The attacks on King continued, meanwhile. In 1767 his barn was burned and a house on his property torched. But
King would not back down. He pushed on with his case.

King won a small judgment, but lost on appeal. John Adams would represent him in one trial, offering an
impassioned plea for justice:

Imagine yourselves each one for himself—in Bed with his pregnant Wife, in the dead of Midnight, five Children also
asleep, and all the servants. 3 Children in the same Chamber, two above.

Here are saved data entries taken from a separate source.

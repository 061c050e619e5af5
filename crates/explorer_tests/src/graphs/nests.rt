//! Progress where a ring lies between two chances of a helper.

use crate::graphs::Nest;
use graph_progress::{Answer, Reason, answer_by, chart_of, progress};

#[test]
fn a_second_helper_leads_out_of_the_ring(rt: HostRuntime) {
    let nest = Nest { from_both: true };
    let answer = progress(rt.alloc(), &nest, 0, None, &[1]);
    assert!(rt;
        matches!(
            answer,
            Ok(Answer::Within {
                plain: 2,
                helped: 1
            })
        )
    );
}

#[test]
fn two_strong_helpers_are_one_too_many(rt: HostRuntime) {
    let nest = Nest { from_both: false };
    let answer = progress(rt.alloc(), &nest, 0, None, &[1, 2]);
    assert!(rt; matches!(answer, Ok(Answer::Unknown(Reason::Nested))));
}

// Whether the first node leads to the ring, which starves, by one chart.
fn ring_starves(rt: HostRuntime, nest: &Nest) -> bool {
    let chart = match chart_of(rt.alloc(), nest, 0) {
        Ok(chart) => chart,
        Err(_) => return false,
    };
    match answer_by(rt.alloc(), nest, 0, &chart, Some(1), &[1]) {
        Ok(Answer::Starves { stem, cycle }) => {
            let wanted: (&[usize], &[usize]) = (&[0], &[0, 0]);
            (stem.as_slice(), cycle.as_slice()) == wanted
        }
        _ => false,
    }
}

#[test]
fn without_the_second_the_ring_starves(rt: HostRuntime) {
    assert!(rt; ring_starves(rt, &Nest { from_both: false }));
}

The Doors and Windows all barrd, bolted
and locked—all asleep, suspecting nothing—harbouring no Malice, Envy or Revenge in your own Bosoms nor
dreaming of any in your Neighbors, In the Darkness, the stillness, the silence of Midnight.

“All of a sudden, in an Instant, in a twinkling of an Eye, an Armed Banditti of Felons, Thieves, Robbers, and
Burglars, rush upon the House.—Like Savages from the Wilderness, or like Legions from the Blackness of
Darkness, they yell and Houl, they dash in all the Windows and enter—enterd the[y] Roar, they stamp, they yell,
they houl, they cutt, break, tear and burn all before them.

“Do you see a tender and affectionate Husband, an amiable deserving Wife near her Time, 3 young Children, all in
one Chamber, awakened all at once—ignorant what was the Cause—terrifyd—inquisitive to know it. The Husband
attempting to run down stairs, his Wife, laying hold of his Arm, to stay him and sinking, fainting, dying away in his
Arms. The Children crying and clinging round their Parents—father will they kill me— father save me! The other
Children and servants in other Parts of the House, joining in the Cries of Distress.

“What Sum of Money Mr. Foreman would tempt you, to be Mr. King, and to let your Wife undergo what Mrs. King
underwent, and your Children what theirs did for one Night?

“I freely confess that the whole sum sued for would be no temptation to me, if there was no other Damage than this.

But Adams' arguments did not carry the day. King died in 1775. His sons continued his case and won a small
judgment, but its doubtful they collected.

Nevertheless, King's sons prospered. One would become a senator from New York and the other would become
Maine's first governor following its independence from Massachusetts.